MD5ing a UUID is pointless because UUIDs are already unique and fixed length (short), properties that are some of the reasons that people often use MD5 to begin with. So I suppose it depends on what you plan on doing with the UUID, but in general a UUID has the same properties as some data that has been MD5'd, so why do both?
UUID 已经是唯一的,因此对它们进行 MD5 是没有意义的。
关于安全问题,一般来说,如果攻击者可以预测您将要生成的下一个唯一 ID 是什么,那么您可能会受到攻击。 如果已知您从 UUID 生成唯一 ID,则潜在的下一个唯一 ID 集会小得多,从而为暴力攻击提供了更好的机会。
如果攻击者可以从您那里获取大量唯一 ID,并通过这种方式猜测您生成 UUID 的方案,则尤其如此。
UUIDs are already unique, so there is no point in MD5'ing them anyway.
Regarding the security question, in general you can be attacked if the attacker can predict what the next unique ID will be you are about to generate.
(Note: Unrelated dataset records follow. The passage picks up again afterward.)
//! A shelf in memory.

ghost use Rattle.std.specs.Prelude.{◌≡◌, ℕ, ◌<◌, ◌≤◌, ◌^◌, List, Some, None, Contains, length, IfOk, OnErr, OnOk, IsErrOf, ◌↔◌, [], ◌∷◌, ◌++◌, if◌then◌else◌, map};
ghost use Rattle.std.specs.Option.{option_copied};
ghost use Rattle.std.specs.Str.{bytes_eq};
ghost use Rattle.xd_base.specs.Outside.{HasRisen, IsLacking};
ghost use Rattle.xd_base.specs.Transfers.{GivesFront, next_count};
ghost use Rattle.xd_base.specs.MemoryShelf.{text_of, held_of, fetched};

use crate::count::next_count;
use crate::error::{FetchError, NoRoom};
use crate::outside::Shelf;
use std::alloc::Global;
use std::collections::BTreeMap;
use std::marker::Model;

/// A shelf in memory, for tests. It tells what it holds.
///
/// Calls of `fetch` are numbered from 1, and those that [`MemoryShelf::fail_at`] names fail.
#[derive(Drop)]
pub struct MemoryShelf {
    texts: BTreeMap<String, Vec<u8>>,
    failing: Vec<u64>,
    calls: u64,
    faults: u64,
}

impl Model for MemoryShelf {
    ghost use Rattle.std.specs.Prelude.{map};
    ghost use Rattle.xd_base.specs.MemoryShelf.{ShelfState, held_of};

    ghost Value = { ShelfState };

    ghost view = { λ s. record { texts = map held_of s.texts.entries; failing = s.failing.items; calls = s.calls; faults = s.faults } };
}

impl MemoryShelf {
    /// A shelf without texts. It takes no memory.
    pub fn new(alloc: Global) -> MemoryShelf
        ensures { result ≡ record { texts = []; failing = []; calls = 0; faults = 0 } }
    {
        MemoryShelf {
            texts: BTreeMap::new(alloc),
            failing: Vec::new(alloc),
            calls: 0,
            faults: 0,
        }
    }

    /// Puts a text onto the shelf, in place of an earlier one of the same name. `NoRoom` where
    /// memory is refused; then the shelf is as it was.
    pub fn add(&mut self, name: &str, bytes: &[u8]) -> Result<(), NoRoom>
        ensures held { OnOk result ((n : List ℕ) → text_of self.new.texts n ≡ (if bytes_eq name.now n then Some bytes.now else text_of self.old.texts n)) }
        ensures others { self.new ≡ record self.old { texts = self.new.texts } }
        ensures err { OnErr result (self.new ≡ self.old) }
    {
        let alloc = *self.failing.allocator();
        let Ok(key) = String::from_str(alloc, name) else {
            return Err(NoRoom);
        };
        let Ok(text) = Vec::from_slice(alloc, bytes) else {
            return Err(NoRoom);
        };
        match self.texts.insert(key, text) {
            Ok(_) => Ok(()),
            Err(_) => Err(NoRoom),
        }
    }

    /// Makes the call of `fetch` with this number fail, counted from 1 since the shelf was made.
    /// `NoRoom` where memory is refused; then the shelf is as it was.
    pub fn fail_at(&mut self, call: u64) -> Result<(), NoRoom>
        ensures ok { OnOk result (self.new ≡ record self.old { failing = self.old.failing ++ call ∷ [] }) }
        ensures err { OnErr result (self.new ≡ self.old) }
    {
        match self.failing.push(call) {
            Ok(()) => Ok(()),
            Err(_) => Err(NoRoom),
        }
    }
}

fn text_at<'a>(texts: &'a BTreeMap<String, Vec<u8>>, name: &str) -> Option<&'a [u8]>
    ensures { option_copied result ≡ text_of (map held_of texts.now.entries) name.now }
{
    match texts.get(name) {
        None => None,
        Some(text) => Some(text.as_slice()),
    }
}

impl Shelf for MemoryShelf {
    ghost use Rattle.std.specs.Prelude.{Some};
    ghost use Rattle.xd_base.specs.MemoryShelf.{text_of};

    ghost holds = { λ s. Some (text_of s.texts) };

    ghost faults = { λ s. s.faults };

    fn fetch(&mut self, alloc: Global, name: &str, most: usize) -> Result<Vec<u8>, FetchError>
        requires { 1 ≤ most }
        ensures length { IfOk result (λ text. length text.items ≤ most) }
        ensures front { IfOk result (λ text. GivesFront (Some (text_of self.old.texts)) name.now most text.items) }
        ensures failed { IsErrOf result FetchError.Failed → HasRisen self.old.faults self.new.faults }
        ensures missing { IsErrOf result FetchError.Missing → IsLacking (Some (text_of self.old.texts)) name.now }
        ensures missing_count { IsErrOf result FetchError.Missing → self.new.faults ≡ self.old.faults }

        ensures same { Some (text_of self.new.texts) ≡ Some (text_of self.old.texts) }
        ensures never_falls { self.old.faults ≤ self.new.faults }
        ensures bounded { self.new.faults < 2 ^ 64 }

        // Exactly the listed calls fail, and exactly the others that ask for a text that isn't held
        // miss it.
        ensures fails { IsErrOf result FetchError.Failed ↔ Contains self.old.failing (next_count self.old.calls) }
        ensures lacks { ¬ (Contains self.old.failing (next_count self.old.calls)) → text_of self.old.texts name.now ≡ None → IsErrOf result FetchError.Missing }
        ensures after { self.new ≡ fetched self.old result }
    {
        let _faults = self.faults;
        self.calls = next_count(self.calls);
        if self.failing.contains(&self.calls) {
            self.faults = next_count(self.faults);
            return Err(FetchError::Failed);
        }
        match text_at(&self.texts, name) {
            None => Err(FetchError::Missing),
            Some(text) => {
                let length = text.len().min(most);
                match Vec::from_slice(alloc, &text[..length]) {
                    Ok(front) => Ok(front),
                    Err(_) => Err(FetchError::NoMemory),
                }
            }
        }
    }
}
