//! A sink in memory.

ghost use Rattle.std.specs.Prelude.{◌≡◌, ◌<◌, ◌≤◌, ◌^◌, ◌-◌, Some, Contains, length, take, IfOk, OnErr, OnOk, IsErr, ◌↔◌, ◌⊎◌, min, [], ◌∷◌, ◌++◌};
ghost use Rattle.xd_base.specs.Outside.{HasRisen};
ghost use Rattle.xd_base.specs.Transfers.{HasTaken, next_count};

use crate::count::next_count;
use crate::error::{NoRoom, PutError};
use crate::outside::Sink;
use std::alloc::Global;
use std::marker::Model;

/// A sink in memory, for tests. It tells what is written.
///
/// Calls of `put` are numbered from 1, and those that [`MemorySink::fail_at`] names fail.
#[derive(Drop)]
pub struct MemorySink {
    bytes: Vec<u8>,
    room: usize,
    piece: usize,
    failing: Vec<u64>,
    calls: u64,
    faults: u64,
}

impl Model for MemorySink {
    ghost use Rattle.std.specs.Prelude.{◌≡◌, ◌≤◌, ◌+◌, vec_capacity, vec_len};
    ghost use Rattle.xd_base.specs.MemorySink.{SinkState};

    ghost Value = { SinkState };

    ghost view = { λ s. record { written = s.bytes.items; room = s.room; piece = s.piece; failing = s.failing.items; calls = s.calls; faults = s.faults } };

    ghost invariant = { λ s. (1 ≤ s.piece) × (vec_len s.bytes + s.room ≤ vec_capacity s.bytes) };
}

impl MemorySink {
    /// An empty sink with room for so many bytes, which takes at most `piece` bytes in a call, one
    /// at least. `NoRoom` where there is no memory for the room.
    pub fn new(alloc: Global, room: usize, piece: usize) -> Result<MemorySink, NoRoom>
        requires { 1 ≤ piece }
        ensures { IfOk result (λ sink. sink ≡ record { written = []; room = room; piece = piece; failing = []; calls = 0; faults = 0 }) }
    {
        match Vec::with_capacity(alloc, room) {
            Ok(bytes) => Ok(MemorySink {
                bytes,
                room,
                piece,
                failing: Vec::new(alloc),
                calls: 0,
                faults: 0,
            }),
            Err(_) => Err(NoRoom),
        }
    }

    /// Makes the call of `put` with this number fail, counted from 1 since the sink was made.
    /// `NoRoom` where memory is refused; then the sink is as it was.
    pub fn fail_at(&mut self, call: u64) -> Result<(), NoRoom>
        ensures ok { OnOk result (self.new ≡ record self.old { failing = self.old.failing ++ call ∷ [] }) }
        ensures err { OnErr result (self.new ≡ self.old) }
    {
        match self.failing.push(call) {
            Ok(()) => Ok(()),
            Err(_) => Err(NoRoom),
        }
    }

    /// What is written.
    pub fn written(&self) -> &[u8]
        ensures { result.now ≡ self.now.written }
    {
        self.bytes.as_slice()
    }
}

impl Sink for MemorySink {
    ghost use Rattle.std.specs.Prelude.{Some};

    ghost written = { λ s. Some s.written };

    ghost faults = { λ s. s.faults };

    fn put(&mut self, bytes: &[u8]) -> Result<usize, PutError>
        ensures taken { IfOk result (λ n. HasTaken (Some self.old.written) (Some self.new.written) bytes.now n) }
        ensures failed { OnErr result (HasRisen self.old.faults self.new.faults) }
        ensures unchanged { OnErr result (Some self.new.written ≡ Some self.old.written) }

        ensures never_falls { self.old.faults ≤ self.new.faults }
        ensures bounded { self.new.faults < 2 ^ 64 }

        // Exactly the listed calls fail, and those that find the room full and have a byte to put.
        ensures fails { IsErr result ↔ (Contains self.old.failing (next_count self.old.calls) ⊎ ((self.old.room ≡ 0) × (0 < length bytes.now))) }
        ensures least { IfOk result (λ n. n ≡ min (min (length bytes.now) self.old.piece) self.old.room) }
        ensures after_ok { IfOk result (λ n. self.new ≡ record self.old { written = self.old.written ++ take n bytes.now; room = self.old.room - n; calls = next_count self.old.calls }) }
        ensures after_err { OnErr result (self.new ≡ record self.old { calls = next_count self.old.calls; faults = next_count self.old.faults }) }
    {
        self.calls = next_count(self.calls);
        if self.failing.contains(&self.calls) || (self.room == 0 && !bytes.is_empty()) {
            self.faults = next_count(self.faults);
            return Err(PutError::Failed);
        }
        let length = bytes.len().min(self.piece).min(self.room);
        self.bytes.extend_from_slice(&bytes[..length]).unwrap();
        self.room -= length;
        Ok(length)
    }
}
If it is known that you generate your unique IDs from UUIDs, the set of potential next unique IDs is much smaller, giving a better chance for a brute force attack.
This is especially true if the attacker can get a whole bunch of unique IDs from you, and that way guess your scheme of generating UUIDs.
版本 3 的 UUID 已经经过 MD5 处理,因此没有意义再做一次。 但是,我不确定 PHP 使用哪个 UUID 版本。
Version 3 of UUIDs are already MD5'd, so there's no point in doing it again. However, I'm not sure what UUID version PHP uses.
顺便说一句,MD5 实际上已过时,从 2010 年起不再用于任何值得保护的内容 - PHI、PII 或 PCI。 美联储已经强制执行了这一规定,任何不合规的实体都将支付大量的罚款。
As an aside, MD5 is actually obsolete and is not to be used in anything worth protecting - PHI, PII or PCI - from 2010 onwards. The US Feds have ennforced this and any entity non-compliant would be paying lots of $$$ in penalty.